Chapter 189 Pertussis (Bordetella pertussis and Bordetella parapertussis)
Treatment
Goals of therapy are to limit the number of paroxysms, to observe the severity of the cough, to provide assistance when necessary, and to maximize nutrition, rest, and recovery without sequelae (Table 189-1). Infants <3 mo of age with suspected pertussis are always admitted to hospital, as are those between 3 and 6 mo of age unless witnessed paroxysms are not severe, and patients of any age if significant complications occur. Prematurely born young infants and children with underlying cardiac, pulmonary, muscular, or neurologic disorders have a high risk for severe, potentially fatal disease.

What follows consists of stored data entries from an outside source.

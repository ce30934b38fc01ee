//! `Table`: a book, and who claims and commits in it.
ghost use Rattle.std.specs.Prelude.{◌≡◌, ◌≤◌, ◌<◌, IfOk};
ghost use Rattle.pssm_semantics.specs.Arguments.{ActArgsFit};
ghost use Rattle.pssm_book.specs.Claiming.{MayRun};

use crate::answers::{claimed_words, committed_words};
use pssm_book::{Book, Claimed, Job};
use pssm_semantics::{ObjectId, Task, Worked, run};
use pssm_trials::{Failure, came, same, same_number, setting_of, stimuli_of};
use std::alloc::{AllocError as NoMemory, Global};
use std::sync::ledger::{Blank, Ledger, Share};

// How many claims a row makes at most to come to what it asks.
const TRIES: u64 = 1000;

/// A book, the share of who claims and commits in it, and what is held there.
///
/// It keeps what is held, and rows borrow it: each place that lets go of a book is dear to prove.
#[derive(Drop)]
pub struct Table<L: Ledger> {
    alloc: Global,
    book: Book<L>,
    share: Share<L>,
    held: Vec<Held>,
    ghost some: { 0 < share.parts },
}

/// A task that is claimed, and what its behaviour made.
#[derive(Drop)]
struct Held {
    task: Task,
    worked: Worked,
}

impl<L: Ledger> Table<L> {
    /// A book of a model with this limit, and with the stimulus `a.Go()` or none. Nothing is held.
    pub fn new(
        alloc: Global,
        blank: Blank,
        model: &[u8],
        has_go: bool,
        limit: u32,
    ) -> Result<Table<L>, Failure>
        requires name { blank.name ≡ L.name }
        requires parts { blank.parts ≡ L.parts }
        requires some { 0 < blank.parts }
        requires limit { limit ≤ 1000000 }
    {
        let setting = setting_of(alloc, model)?;
        let stimuli = stimuli_of(alloc, &setting, has_go)?;
        let (book, share) = Book::<L>::new(alloc, blank, setting, stimuli, limit)?;
        Ok(Table {
            alloc,
            book,
            share,
            held: Vec::new(alloc),
        })
    }

    /// There are so many entries.
    pub fn entries_owe(&self, count: usize) -> Result<(), Failure> {
        same_number(
            self.alloc,
            "the entries",
            count,
            self.book.system().entries().len(),
        )
    }

    /// How many stimuli are posted.
    pub fn posted(&self) -> u32 {
        self.book.posted()
    }

    /// The book has this limit, so many stimuli, and a journal with so many outputs.
    pub fn terms_owe(
        &mut self,
        limit: usize,
        stimuli: usize,
        outputs: usize,
    ) -> Result<(), Failure> {
        self.book.audit(&mut self.share);
        same_number(self.alloc, "the limit", limit, self.book.limit() as usize)?;
        same_number(
            self.alloc,
            "the stimuli",
            stimuli,
            self.book.stimuli().len(),
        )?;
        same_number(self.alloc, "the outputs", outputs, self.book.outputs())
    }

    /// What there is to be claimed, in words.
    pub fn claim_owes(&mut self, owed: &str) -> Result<(), Failure> {
        let claimed = self.claim(7)?;
        let words = claimed_words(self.alloc, &claimed)?;
        same(self.alloc, "a claim", owed, words.as_str())
    }

    /// What comes of the commit of what is held for a task is this, in words.
    pub fn commit_owes(&mut self, task: Task, owed: &str) -> Result<(), Failure> {
        self.commit_as(task, task, owed)
    }

    /// What comes of the commit for a task of what is held for another is this, in words.
    pub fn commit_as(&mut self, task: Task, other: Task, owed: &str) -> Result<(), Failure> {
        for held in self.held.as_slice() {
            if held.task == other {
                let committed = self.book.commit(task, &held.worked, &mut self.share)?;
                let words = committed_words(self.alloc, committed)?;
                return same(self.alloc, "a commit", owed, words.as_str());
            }
        }
        Err(came(self.alloc, "the task is not held"))
    }

    /// Gives a task back.
    pub fn release(&mut self, object: ObjectId, task: Task) {
        self.book.release(object, task);
    }

    /// Goes on until all of these tasks are claimed, and holds what their behaviours made, and nothing else; all other
    /// tasks are run and committed.
    pub fn hold(&mut self, tasks: &[Task]) -> Result<(), Failure> {
        self.held.clear();
        for word in 0..TRIES {
            if self.held.len() == tasks.len() {
                return Ok(());
            }
            if let Claimed::Job(job) = self.claim(word)? {
                self.work(&job, tasks.contains(&job.task))?;
            }
        }
        Err(came(self.alloc, "a task was not handed out"))
    }

    /// Goes on to the end; the last claim is this, in words.
    pub fn end_owes(&mut self, owed: &str) -> Result<(), Failure> {
        for word in 0..TRIES {
            match self.claim(word)? {
                Claimed::Job(job) => self.work(&job, false)?,
                Claimed::Moved => {}
                last => {
                    let words = claimed_words(self.alloc, &last)?;
                    return same(self.alloc, "the last claim", owed, words.as_str());
                }
            }
        }
        Err(came(self.alloc, "there was no end"))
    }

    /// Whether nothing more can happen.
    pub fn is_quiet(&self) -> bool {
        self.book.system().quiet()
    }

    // Claims by this word.
    fn claim(&mut self, word: u64) -> Result<Claimed, NoMemory>
        ensures { IfOk result MayRun }
    {
        self.book.claim(word, &mut self.share)
    }

    // Runs the behaviour of a job, and holds what it made, or commits it.
    fn work(&mut self, job: &Job, is_held: bool) -> Result<(), Failure>
        requires { ActArgsFit job.now.act }
    {
        let task = job.task;
        let worked = run(
            self.alloc,
            job.object,
            &job.act,
            job.store.as_slice(),
            &job.params,
        )?;
        if is_held {
            self.held.push(Held { task, worked })?;
            return Ok(());
        }
        let committed = self.book.commit(task, &worked, &mut self.share)?;
        let words = committed_words(self.alloc, committed)?;
        same(self.alloc, "a commit", "done", words.as_str())
    }
}
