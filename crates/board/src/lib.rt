// What a sheet means, and the checker: the test of one combination, steps, and the judgement of answers from any author
// (document 01, "When tables fit, when a walk stands"; document 02, request 4). The definitions stand in specs/: Board, Tables
// and Walk are the meaning, JobBoard the board of a job, Tested the test of one combination, Check the checker's outcome.
// Relies on these alone and knows no solver.
#![tactic(auto)]

pub mod check;

ghost use Rattle.std.specs.Prelude.{◌≡◌, ◌^◌, ◌<◌};
ghost use Rattle.board.specs.JobBoard.{head_board, Sized};
ghost use Rattle.board.specs.Tests.{stepb};
ghost use Rattle.board.specs.Tested.{tested};

use sheet::JobHead;
use wires::{Claim, Combination, first_broken, row_count, row_shown, some_within, truths};

// A job in numbers: its head, and its rules and then its excuses at the front of the masks.
#[derive(Clone, Copy)]
pub struct Job<'a> {
    pub head: JobHead,
    pub masks: &'a [u32],
    pub ghost sized: { Sized head masks.now },
}

impl<'a> Job<'a> {
    // The test of one combination: with A at `x` and B at `y`, which rule is broken where the wires have the combination `a`,
    // and `a` not excused? An excuse holds where all its terms are true.
    pub fn test(&self, a: Combination, x: u32, y: u32) -> Option<usize>
        requires { (a.0 < 2 ^ self.now.head.wires) × (x < 2) × (y < 2) }
        ensures { result ≡ tested (head_board self.now.head self.now.masks.now) a.0 x y }
    {
        let set = truths(self.head.wires, a.0 as u32, x, y);
        let count = self.head.rules as usize;
        if some_within(&self.masks[count..count + self.head.excuses as usize], set) {
            return None;
        }
        first_broken(&self.masks[..count], set)
    }

    // Does the step from `l` to `m` by `a` hold? They belong to different cells, `a` shows both rows, and with `l` true and
    // `m` false some rule is broken at `a`.
    pub fn step_holds(&self, l: Claim, m: Claim, a: Combination) -> bool
        requires { a.0 < 2 ^ self.now.head.wires }
        ensures { result ≡ stepb (head_board self.now.head self.now.masks.now) l.0 m.0 a.0 }
    {
        let of_a = row_shown(self.head.sees_a, a.0 as u32);
        let of_b = row_count(self.head.sees_a) as u32 + row_shown(self.head.sees_b, a.0 as u32);
        let from = l.0 as u32;
        let to = m.0 as u32;
        from / 2 == of_a && to / 2 == of_b && self.test(a, from % 2, 1 - to % 2).is_some()
            || from / 2 == of_b && to / 2 == of_a && self.test(a, 1 - to % 2, from % 2).is_some()
    }
}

Table 189-1 CAVEATS IN ASSESSMENT AND CARE OF INFANTS WITH PERTUSSIS
Antibiotics
An antimicrobial agent is always given when pertussis is suspected or confirmed, primarily to limit the spread of infection and secondarily for possible clinical benefit. Macrolides are preferred agents and are similar to one another in terms of in vitro activity (Table 189-2). Resistance has been reported rarely. A 7- to 10-fold relative risk for infantile hypertrophic pyloric stenosis (IHPS) has been reported in neonates treated with orally administered erythromycin. Azithromycin is the preferred agent for most patients and particularly in neonates, although cases of IHPS have followed its use. All infants <1 mo of age treated with any macrolide should be monitored for symptoms of pyloric stenosis. Benefits of post-exposure prophylaxis for infants far outweigh risk of IHPS.
Care of Household and Other Close Contacts
A macrolide agent should be given promptly to all household contacts and other close contacts, such as those in daycare, regardless of age, history of immunization, and symptoms (see Table 189-2). The same age-related drugs and doses used for prophylaxis are used for treatment. Visitation and movement of coughing family members in the hospital must be assiduously controlled until erythromycin has been taken for 5 days. In close contacts <7 yr of age who have received fewer than 4 doses of pertussis-containing vaccines, vaccination should be initiated or continued to complete the recommended series. Children <7 yr of age who received a 3rd dose >6 mo before exposure or a 4th dose ≥3 yr before exposure should receive a booster dose. Individuals ≥9 yr of age should be given a Tdap (adolescent/adult formulation of tetanus and diphtheria toxoids and acellular pertussis) booster if they have not previously received Tdap. Unmasked health care personnel (HCP) exposed to untreated cases should be evaluated for post-exposure prophylaxis and follow-up. Coughing HCP with or without known exposure to pertussis should be promptly evaluated for pertussis.
Prevention
Universal immunization of children with pertussis vaccine, beginning in infancy with periodic reinforcing doses through adolescence and adulthood, is central to the control of pertussis (Chapter 165). There is no serologic correlate of protection from B. pertussis.